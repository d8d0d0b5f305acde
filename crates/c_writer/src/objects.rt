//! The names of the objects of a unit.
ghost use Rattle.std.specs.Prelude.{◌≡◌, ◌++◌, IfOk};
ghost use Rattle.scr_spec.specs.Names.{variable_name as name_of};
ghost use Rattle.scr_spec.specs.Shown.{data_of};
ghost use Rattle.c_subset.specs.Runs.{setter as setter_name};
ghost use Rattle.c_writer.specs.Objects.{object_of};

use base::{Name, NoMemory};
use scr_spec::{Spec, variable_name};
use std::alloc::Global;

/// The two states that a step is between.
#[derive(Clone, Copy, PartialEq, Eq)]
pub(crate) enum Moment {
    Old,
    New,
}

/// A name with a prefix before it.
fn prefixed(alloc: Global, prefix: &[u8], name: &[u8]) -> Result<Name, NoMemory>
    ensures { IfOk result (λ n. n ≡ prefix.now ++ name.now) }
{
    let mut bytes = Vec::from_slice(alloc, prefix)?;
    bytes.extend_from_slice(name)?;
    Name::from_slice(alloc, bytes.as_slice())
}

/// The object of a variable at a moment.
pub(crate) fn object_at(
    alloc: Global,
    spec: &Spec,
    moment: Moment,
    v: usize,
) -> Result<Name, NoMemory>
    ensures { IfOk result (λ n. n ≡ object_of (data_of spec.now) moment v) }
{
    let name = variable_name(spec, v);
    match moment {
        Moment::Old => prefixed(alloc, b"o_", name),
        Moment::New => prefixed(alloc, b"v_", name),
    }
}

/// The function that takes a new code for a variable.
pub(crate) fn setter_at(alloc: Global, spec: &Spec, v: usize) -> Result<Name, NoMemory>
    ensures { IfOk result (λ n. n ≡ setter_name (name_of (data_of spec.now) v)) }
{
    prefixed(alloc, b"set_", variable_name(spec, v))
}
────────────────────────────────────────
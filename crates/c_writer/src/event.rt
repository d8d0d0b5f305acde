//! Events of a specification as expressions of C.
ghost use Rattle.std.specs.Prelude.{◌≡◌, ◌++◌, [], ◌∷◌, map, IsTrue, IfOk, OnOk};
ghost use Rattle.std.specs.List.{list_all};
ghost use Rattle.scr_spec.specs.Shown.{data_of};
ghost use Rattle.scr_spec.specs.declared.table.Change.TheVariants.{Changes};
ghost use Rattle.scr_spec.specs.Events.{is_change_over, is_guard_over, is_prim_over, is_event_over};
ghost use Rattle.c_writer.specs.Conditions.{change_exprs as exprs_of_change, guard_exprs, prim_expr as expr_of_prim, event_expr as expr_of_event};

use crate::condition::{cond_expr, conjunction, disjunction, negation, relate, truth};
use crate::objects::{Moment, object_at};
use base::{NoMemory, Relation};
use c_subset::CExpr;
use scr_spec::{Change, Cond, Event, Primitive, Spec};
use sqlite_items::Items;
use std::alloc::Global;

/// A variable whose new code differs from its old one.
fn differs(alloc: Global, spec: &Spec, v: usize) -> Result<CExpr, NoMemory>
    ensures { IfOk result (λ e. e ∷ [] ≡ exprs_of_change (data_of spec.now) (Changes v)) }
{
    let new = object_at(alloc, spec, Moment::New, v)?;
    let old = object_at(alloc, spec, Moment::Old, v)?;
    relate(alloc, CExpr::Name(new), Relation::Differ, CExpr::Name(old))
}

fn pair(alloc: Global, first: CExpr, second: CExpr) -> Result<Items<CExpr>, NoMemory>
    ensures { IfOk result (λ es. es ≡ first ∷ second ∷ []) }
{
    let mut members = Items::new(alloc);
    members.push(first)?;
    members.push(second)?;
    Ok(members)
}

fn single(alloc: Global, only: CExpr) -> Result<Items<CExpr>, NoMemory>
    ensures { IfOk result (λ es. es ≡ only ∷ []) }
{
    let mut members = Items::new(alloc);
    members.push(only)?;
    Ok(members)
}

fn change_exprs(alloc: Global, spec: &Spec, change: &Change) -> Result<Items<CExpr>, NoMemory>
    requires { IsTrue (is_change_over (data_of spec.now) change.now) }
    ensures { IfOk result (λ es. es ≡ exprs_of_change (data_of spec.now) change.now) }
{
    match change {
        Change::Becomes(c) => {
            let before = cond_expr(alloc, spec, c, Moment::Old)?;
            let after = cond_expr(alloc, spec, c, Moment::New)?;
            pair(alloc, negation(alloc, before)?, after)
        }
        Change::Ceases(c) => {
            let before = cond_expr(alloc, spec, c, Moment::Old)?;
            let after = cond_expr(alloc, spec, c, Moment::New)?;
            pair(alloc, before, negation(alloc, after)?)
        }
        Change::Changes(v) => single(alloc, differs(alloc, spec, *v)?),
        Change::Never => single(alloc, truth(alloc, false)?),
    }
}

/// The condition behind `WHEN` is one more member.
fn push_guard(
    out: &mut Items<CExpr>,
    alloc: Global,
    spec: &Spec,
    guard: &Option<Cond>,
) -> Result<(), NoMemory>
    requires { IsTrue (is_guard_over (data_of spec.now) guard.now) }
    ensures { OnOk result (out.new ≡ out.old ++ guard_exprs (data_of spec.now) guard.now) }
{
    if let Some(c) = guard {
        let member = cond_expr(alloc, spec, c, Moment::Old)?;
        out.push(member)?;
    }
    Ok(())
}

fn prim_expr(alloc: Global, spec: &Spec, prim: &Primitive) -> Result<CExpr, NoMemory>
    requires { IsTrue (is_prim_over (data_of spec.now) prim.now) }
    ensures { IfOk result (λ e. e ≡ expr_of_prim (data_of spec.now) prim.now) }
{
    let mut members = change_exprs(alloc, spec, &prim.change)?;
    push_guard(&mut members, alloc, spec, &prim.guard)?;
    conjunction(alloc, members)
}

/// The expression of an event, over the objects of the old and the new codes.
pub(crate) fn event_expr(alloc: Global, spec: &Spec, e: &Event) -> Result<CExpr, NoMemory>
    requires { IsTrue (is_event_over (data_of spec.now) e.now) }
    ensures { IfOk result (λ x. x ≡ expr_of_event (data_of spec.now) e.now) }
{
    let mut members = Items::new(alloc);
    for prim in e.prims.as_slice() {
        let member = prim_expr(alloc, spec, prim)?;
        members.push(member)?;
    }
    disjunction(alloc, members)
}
────────────────────────────────────────
:: Problem details ::
Only one stretch of the entries above is wanted: the lines from the one containing "prefix before it." through the one containing "for a variable.". Please reproduce it exactly.

:: Result ::
/// A name with a prefix before it.
fn prefixed(alloc: Global, prefix: &[u8], name: &[u8]) -> Result<Name, NoMemory>
    ensures { IfOk result (λ n. n ≡ prefix.now ++ name.now) }
{
    let mut bytes = Vec::from_slice(alloc, prefix)?;
    bytes.extend_from_slice(name)?;
    Name::from_slice(alloc, bytes.as_slice())
}

/// The object of a variable at a moment.
pub(crate) fn object_at(
    alloc: Global,
    spec: &Spec,
    moment: Moment,
    v: usize,
) -> Result<Name, NoMemory>
    ensures { IfOk result (λ n. n ≡ object_of (data_of spec.now) moment v) }
{
    let name = variable_name(spec, v);
    match moment {
        Moment::Old => prefixed(alloc, b"o_", name),
        Moment::New => prefixed(alloc, b"v_", name),
    }
}

/// The function that takes a new code for a variable.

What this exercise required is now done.